(To JS/07 M 378
This Marble Monument
Is Erected by the State)

"The Unknown Citizen" pertains to Auden's middle period of creation. It was the time of authoritarianism in Europe, and amid dictatorship in the various countries in Europe, Man as a rational individual was losing his stance, distinctiveness and identity. The definition of the average citizen was confined to how well he conformed, how far he was predictable and how smoothly he rendered himself a cog in the wheel of society.

The beginning of the poem in the passive voice is indicative of the citizen's lack of initiative. The individual is paid a tribute by constructing a marble monument for him Just as, the Taj Mahal, 'the poetry in marble' was gifted by Shahjahan to his better-half Mumtaz Mahal. However, Mumtaz Mahal's life was filled with blissful love. Here, the unknown citizen's life is constrained by the dictums and doctrines of the state. The state is said to 'construct' him, as he is described, at the outset, in terms of statistics. Furthermore, he is acknowledged as 'unknown'. Only his presence is acknowledged, not his individuality.

Subsequently he is attributed with certificates of conduct. 'Saint' is categorized as an old fashioned word that has lost the connotations that olden times gifted it with, in the modern day context. In the earlier times a person who submitted to God was a saint, now the one who conforms to society is. The modern-day-definition of the saint therefore suits the citizen aptly. He is said to have served the Greater Community that comes across as the Bureaucracy. The capitalization exemplifies the authority of the same. The only exceptions are the war, and day he retired. Does this imply that he did not deserve even retirement?

He worked in a factory and never got fired,
But satisfied his employers, Fudge Motors Inc.
Yet he wasn't a scab or odd in his views,
For his Union reports that he paid his dues,
(Our report on his Union shows it was sound)
And our Social Psychology workers found
That he was popular with his mates and liked a drink.

He is said to have satisfied his Boss and the evaluation of his performance depended primarily on his employer's judgment. His employer is named as Fudge Motors Inc.' parodying the name of the automobile giant Ford Motors Inc.. It reaffirms that modern day Gods are replaced by business firms that at once rule the roost. .Besides, he is shown to be politically correct, conforming to the viewpoint of society. Else, he is dubbed as being 'odd'. He was not a 'scab' that backed off from any unioun strike. The social psychology workers acknowledged that he was popular with friends and enjoyed drinks with them. His being sociable is the evidence for his sound Social Psychology. Again, note that his individual psychology is relegated to the background. In the attempt to please the state, man is essentially dehumanized and demarginalized.

He bought the newspaper and was updated about the current affairs. His reaction to the advertisements was typical, his responses to the questionares were as anticipated. Insurance Policies are an inherent part of Modern day life,and the speaker had his share of those. He was in a hospital once ,and left it cured as per his health card. His statement of health is assessed by the hospital records. The Producers Research and High-Grade Living record figures on the standard of amenities utilized by the people, and grade their living standards from them. There is a predetermined formula for his living based on these. Therefore, the identity of man in the modern context is grounded on his materialistic march:

And had everything necessary to the Modern Man,
A phonograph, a radio, a car and a frigidaire.

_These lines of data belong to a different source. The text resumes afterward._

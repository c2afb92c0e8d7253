//! A value written into a buffer.
ghost use Rattle.std.specs.Prelude.{◌≡◌, ◌^◌, ◌<◌, length, IfOk};
ghost use Rattle.der.specs.Encode.{SliceAnswer};
ghost use Rattle.der.specs.Prelude.{map_ok};

use der::{Encode, Error, SliceWriter};

// Writes the encoding of the value to the start of the buffer, and returns the octets written.
pub(crate) fn write_value<'b, T: Encode>(value: &T, buffer: &'b mut [u8]) -> Result<&'b [u8], Error>
    ensures ok { IfOk result (λ r. r.now ≡ T.encoding value.now) }
    ensures short { IfOk result (λ r. length r.now < 2 ^ 32) }
    ensures exact { SliceAnswer (T.encode_answers value.now) buffer.old
        (map_ok (λ r. r.now) result) }
{
    let mut writer = SliceWriter::new(buffer);
    value.encode(&mut writer)?;
    writer.finish()
}
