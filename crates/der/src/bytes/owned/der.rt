//! Reading and writing of owned byte strings.
ghost use Rattle.std.specs.Prelude.{true};
ghost use Rattle.der_base.specs.Length.{number};
ghost use Rattle.der_core.specs.Header.{head_of};
ghost use Rattle.der_core.specs.Outcome.{IsBinding, map_ok};
ghost use Rattle.der_core.specs.Reader.{VecMeets};
ghost use Rattle.der_core.specs.ReaderState.{Same};
ghost use Rattle.der.specs.OctetsOrder.{octets_order};
ghost use Rattle.der.specs.Octets.{IsCounted, TakesOctets, OwnedOctetsRead, octets_size, OctetsWritten};
ghost use Rattle.der.specs.BytesOwned.{owned_octets};

use crate::bytes::BytesOwned;
use der_base::{Error, Length};
use der_core::{
    DecodeValue, DerOrd, EncodeValue, Header, IsValue, Lends, ReadValue, Reader, Writer,
    WrittenValue, octets_len, place_before,
};
use std::alloc::Global;
use std::cmp::Ordering;

impl ReadValue for BytesOwned {
    ghost valid = { λ b. IsCounted (owned_octets b) };

    ghost takes = { TakesOctets IsCounted owned_octets };

    ghost value_levels = { λ _. 0 };

    ghost allocates = { true };

    ghost takes_valid = { λ b rules h octets taken. taken.0 };
}

/// Copies the contents into an owned byte string. Takes only the length from the header, and
/// ignores the header's tag.
///
/// # Errors
///
/// `Failed`, `Overflow`, `Incomplete` and `OutOfMemory`, as by [`Reader::read_vec`]. After
/// `OutOfMemory`, the reader is unchanged: it is before the contents.
impl<R: Lends> DecodeValue<R> for BytesOwned {
    type Error = Error;

    ghost decode_value_answers = { OwnedOctetsRead owned_octets };

    fn decode_value(alloc: Global, reader: &mut R, header: Header) -> Result<Self, Error>
    where
        R: Reader,
        ensures same { Same (R.state reader.old) (R.state reader.new) }
        ensures exact { IsBinding R.reliable result → OwnedOctetsRead owned_octets (head_of header)
            (R.state reader.old) result (R.state reader.new) }
    {
        read_owned(alloc, reader, header.length())
    }
}

impl IsValue for BytesOwned {
    fn is_value(&self) {}
}

// A copy of the next `len` octets.
#[inline(always)]
pub(super) fn read_owned<R: Reader>(
    alloc: Global,
    reader: &mut R,
    len: Length,
) -> Result<BytesOwned, Error>
    ensures same { Same (R.state reader.old) (R.state reader.new) }
    ensures exact { VecMeets R.reliable (number len) (R.state reader.old)
        (map_ok owned_octets result) (R.state reader.new) }
{
    BytesOwned::from_vec(reader.read_vec(alloc, len)?)
}

impl WrittenValue for BytesOwned {
    ghost contents = { owned_octets };

    ghost writable = { λ b. IsCounted (owned_octets b) };
}

/// Writes the octets of the byte string as the contents.
///
/// # Errors
///
/// `value_len` never fails. `encode_value` returns the errors of [`Writer::write`].
impl EncodeValue for BytesOwned {
    ghost value_size = { octets_size owned_octets };

    ghost encode_value_answers = { OctetsWritten owned_octets };

    fn value_len(&self) -> Result<Length, Error> {
        Ok(self.len())
    }

    fn encode_value<W: Writer>(&self, writer: &mut W) -> Result<(), Error> {
        writer.write(self.as_slice())
    }

    fn value_len_before(&self) -> Option<u32> {
        octets_len(self.as_slice())
    }

    fn encode_value_before(&self, buf: &mut [u8], end: u32) -> u32 {
        place_before(self.as_slice(), buf, end)
    }
}

/// Compares the octets of two byte strings in lexicographic order. A byte string has no header, so
/// no header is compared. Never fails.
impl DerOrd for BytesOwned {
    ghost order = { octets_order owned_octets };

    ghost octets = { owned_octets };

    ghost by_octets = { λ _ _. Unit {0} };

    ghost has_header = { λ _. Unit {0} };

    ghost delimits = { ⊥ };

    ghost delimited = { λ none. absurd none };

    #[inline(always)]
    fn der_cmp(&self, other: &Self) -> Result<Ordering, Error> {
        Ok(self.as_slice().cmp(other.as_slice()))
    }
}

His intelligence is appraised based on his capacity to adapt to installment schemes. He gave 'politically correct' and diplomatic responses to those who conducted Gallup polls. When the country was for peace, he assumed the garb of a pacifist; when the nation was at war, he put forward the fighting spirit. The Eugenist determined that his number of children was just right for him; what he and his wife thought about it was immaterial. He never interfered with the education of his children by the teachers, their stand was never questioned. He poses two rhetorical questions at the end: "Was he free? Was he happy?" "Happiness' and 'Freedom' are two very individual and extremely personal choices. Nevertheless, the state chooses to answer these significant questions too.

What one finally arrives at is this: The customs of society are made for Man, Man is not made for the customs of society. The State is formed for Man, Man is not formed for the State.